People working on educating boys about masculinity are an example of how a radical understanding can shift a paradigm. Feminist teachings of gender combined with self-examination of masculinity has begun to take hold at a grassroots level. The idea that perpetrators should be examining domestic violence as their issue rather than simply victims being taught to and assisted in protecting themselves seems like ‘common sense’ now.
We need to apply this self-reflexive approach to the state; to what strength is, and the use of it; to self-governance and governance-over-others in general.
With strong, radical leadership, the referendum might have provided this opportunity for a genuinely new approach to governance. Electorally, the Green party might currently be closest to embodying a radical approach – welcoming certain radical ideas such as shared leadership, abolition of the monarchy and a Robin Hood tax. But it is still a majority-white, middle-class movement, a long way off proving it could enact real and lasting change, and then convincing the electorate of it.

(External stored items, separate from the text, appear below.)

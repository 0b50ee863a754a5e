// How values are written in CSS.
ghost use Rattle.std.specs.Prelude.{◌≡◌, ◌<◌, IfOk, IfErr, OnOk, length, true, map, List, ◌∷◌, [], ℕ, Some, ◌&&◌, not};
ghost use Rattle.sw_values.specs.Texts.{Shown, shown, pieces, all_blank, all_css, glue_of, in_brackets, IsTextFault, list_blank, list_css};
ghost use Rattle.sw_values.specs.Canon.{is_empty};
ghost use Rattle.sw_values.specs.Weight.{most};
ghost use Rattle.sw_values.specs.Written.{appended, IsNamed};
ghost use Rattle.sw_values.specs.declared.fault.ValueFault.TheVariants as F;

use super::plain_texts::{number_is_css, write_colour, write_number, write_string, write_truth};
use super::{Node, Value};
use crate::limits::LEVELS;
use crate::written::Written;
use crate::{Separator, ValueFault};
use std::alloc::Global;
use sw_text::{Memory, Name};

impl Value {
    /// Whether a list leaves the value out of its text: null, the empty unquoted string, and a list without brackets of
    /// one or more such. Takes no memory.
    pub fn is_blank(&self) -> bool
        ensures { result ≡ (shown true self.now).blank }
    {
        is_blank(true, self)
    }

    /// Whether the value can be written in CSS, with quotes or without them. Takes no memory.
    pub fn is_css(&self, quotes: bool) -> bool
        ensures { result ≡ (shown quotes self.now).css }
    {
        is_css(quotes, self)
    }

    /// The value's text in CSS. Without `quotes` no string in it is quoted.
    pub fn css_text(&self, alloc: Global, quotes: bool) -> Result<Name, ValueFault>
        ensures text { IfOk result (λ text. text ≡ (shown quotes self.now).text) }
        ensures css { IfOk result (λ text. (shown quotes self.now).css ≡ true) }
        ensures light { IfOk result (λ text. length text < most) }
        ensures err { IfErr result (λ fault. IsTextFault (shown quotes self.now) fault) }
    {
        if !self.is_css(quotes) {
            return Err(ValueFault::NotCss);
        }
        match written(alloc, quotes, self) {
            Ok(written) => named(alloc, written),
            Err(_) => Err(ValueFault::Memory),
        }
    }
}

fn written(alloc: Global, quotes: bool, value: &Value) -> Result<Written, Memory>
    ensures { IfOk result (λ written. written ≡ appended (Some []) (shown quotes value.now).text) }
{
    let mut out = Written::new(alloc);
    write_value(alloc, &mut out, quotes, value)?;
    Ok(out)
}

/// The name of a text, unless it is too long.
pub(crate) fn named(alloc: Global, written: Written) -> Result<Name, ValueFault>
    ensures { (text : List ℕ) → written ≡ appended (Some []) text → IsNamed text result }
{
    match written.finish() {
        None => Err(ValueFault::TooLarge),
        Some(text) => name_of(alloc, text.as_str()),
    }
}

fn name_of(alloc: Global, text: &str) -> Result<Name, ValueFault>
    ensures ok { IfOk result (λ name. name ≡ text.now) }
    ensures err { IfErr result (λ fault. fault ≡ F.Memory) }
{
    match Name::new(alloc, text) {
        Ok(name) => Ok(name),
        Err(_) => Err(ValueFault::Memory),
    }
}

fn both(one: bool, other: bool) -> bool
    ensures { result ≡ (one && other) }
{
    one && other
}

fn is_blank_text(text: &str, quoted: bool) -> bool
    ensures { result ≡ (not quoted && is_empty text.now) }
{
    if quoted {
        return false;
    }
    match text.as_bytes() {
        [] => true,
        [_, ..] => false,
    }
}

// Whether a list leaves the value out.
#[cycle(blank)]
fn is_blank(quotes: bool, value: &Value) -> bool
    ensures { result ≡ (shown quotes value.now).blank }
{
    match &value.node {
        Node::Number(_) => false,
        Node::Text { text, quoted } => is_blank_text(text.as_str(), *quoted),
        Node::Colour(_) => false,
        Node::List {
            items,
            bracketed,
            ..
        } => list_is_blank(quotes, *bracketed, items.get().as_slice()),
        Node::Map(_) => false,
        Node::Bool(_) => false,
        Node::Null => true,
        Node::Args { items, .. } => list_is_blank(quotes, false, items.get().as_slice()),
    }
}

#[cycle(blank)]
fn list_is_blank(quotes: bool, bracketed: bool, items: &[Value]) -> bool
    ensures { result ≡ list_blank bracketed (map (shown quotes) items.now) }
{
    match items {
        [] => false,
        [_, ..] => !bracketed && are_blank(quotes, items),
    }
}

#[cycle(blank)]
fn are_blank(quotes: bool, items: &[Value]) -> bool
    ensures { result ≡ all_blank (map (shown quotes) items.now) }
{
    'items: for i in 0..items.len() {
        if !is_blank(quotes, &items[i]) {
            return false;
        }
    }
    true
}

#[cycle(css)]
fn is_css(quotes: bool, value: &Value) -> bool
    ensures { result ≡ (shown quotes value.now).css }
{
    match &value.node {
        Node::Number(number) => number_is_css(LEVELS, number),
        Node::Text { .. } => true,
        Node::Colour(_) => true,
        Node::List {
            items,
            bracketed,
            ..
        } => list_is_css(quotes, *bracketed, items.get().as_slice()),
        Node::Map(_) => false,
        Node::Bool(_) => true,
        Node::Null => true,
        Node::Args { items, .. } => list_is_css(quotes, false, items.get().as_slice()),
    }
}

#[cycle(css)]
fn list_is_css(quotes: bool, bracketed: bool, items: &[Value]) -> bool
    ensures { result ≡ list_css bracketed (map (shown quotes) items.now) }
{
    match items {
        [] => bracketed,
        [_, ..] => are_css(quotes, items),
    }
}

#[cycle(css)]
fn are_css(quotes: bool, items: &[Value]) -> bool
    ensures { result ≡ all_css (map (shown quotes) items.now) }
{
    let mut all = true;
    'items: for i in 0..items.len() {
        all = all && is_css(quotes, &items[i]);
    }
    all
}

#[cycle(writing)]
#[tactic(auto, using(crate::proofs::Appending::stays_long))]
fn write_value(alloc: Global, out: &mut Written, quotes: bool, value: &Value) -> Result<(), Memory>
    ensures { OnOk result (out.new ≡ appended out.old ((shown quotes value.now).text)) }
{
    if out.is_long() {
        return Ok(());
    }
    match &value.node {
        Node::Number(number) => write_number(alloc, out, LEVELS, number),
        Node::Text { text, quoted } => {
            write_string(alloc, out, text.as_str(), both(quotes, *quoted))
        }
        Node::Colour(colour) => write_colour(alloc, out, colour),
        Node::List {
            items,
            separator,
            bracketed,
        } => write_list(
            alloc,
            out,
            quotes,
            *separator,
            *bracketed,
            items.get().as_slice(),
        ),
        Node::Map(_) => out.push(""),
        Node::Bool(truth) => write_truth(out, *truth),
        Node::Null => out.push(""),
        Node::Args { items, .. } => write_list(
            alloc,
            out,
            quotes,
            Separator::Comma,
            false,
            items.get().as_slice(),
        ),
    }
}

pub(crate) fn glue_of(separator: Separator) -> &'static str
    ensures { result.now ≡ glue_of separator }
{
    match separator {
        Separator::Undecided => " ",
        Separator::Space => " ",
        Separator::Comma => ", ",
        Separator::Slash => " / ",
    }
}

#[cycle(writing)]
#[tactic(auto, using(crate::proofs::Appending::joined_three))]
fn write_list(
    alloc: Global,
    out: &mut Written,
    quotes: bool,
    separator: Separator,
    bracketed: bool,
    items: &[Value],
) -> Result<(), Memory>
    ensures { OnOk result (out.new
        ≡ appended out.old (in_brackets bracketed (pieces (glue_of separator) true (map (shown quotes) items.now)))) }
{
    if bracketed {
        out.push("[")?;
        write_items(alloc, out, quotes, glue_of(separator), items)?;
        out.push("]")
    } else {
        write_items(alloc, out, quotes, glue_of(separator), items)
    }
}

#[cycle(writing)]
fn write_items(
    alloc: Global,
    out: &mut Written,
    quotes: bool,
    glue: &str,
    items: &[Value],
) -> Result<(), Memory>
    ensures { OnOk result (out.new ≡ appended out.old (pieces glue.now true (map (shown quotes) items.now))) }
{
    let mut first = true;
    'items: for i in 0..items.len() {
        first = write_item(alloc, out, quotes, glue, first, &items[i])?;
    }
    out.push("")
}

// Writes an item; whether the next one that is written is the first.
#[cycle(writing)]
#[tactic(auto, using(crate::proofs::Appending::joined, crate::proofs::Appending::joined_three))]
fn write_item(
    alloc: Global,
    out: &mut Written,
    quotes: bool,
    glue: &str,
    first: bool,
    item: &Value,
) -> Result<bool, Memory>
    ensures { IfOk result (λ after. (rest : List Shown)
        → appended out.new (pieces glue.now after rest)
        ≡ appended out.old (pieces glue.now first (shown quotes item.now ∷ rest))) }
{
    if is_blank(quotes, item) {
        return Ok(first);
    }
    if first {
        write_value(alloc, out, quotes, item)?;
        return Ok(false);
    }
    out.push(glue)?;
    write_value(alloc, out, quotes, item)?;
    Ok(false)
}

Ultimately, it is rare if not impossible for a happy, well-supported person who has witnessed a demonstration of strength as collaborative, to murder anyone. The sooner we stop perpetuating the ancient idea of strength as domination, the better off we will be and the less extremism we will witness. And the radical approach to language, strength, governance and collaboration that we need must come from all sides – but primarily from a media currently revolutionising itself, and a government becoming seemingly more entrenched.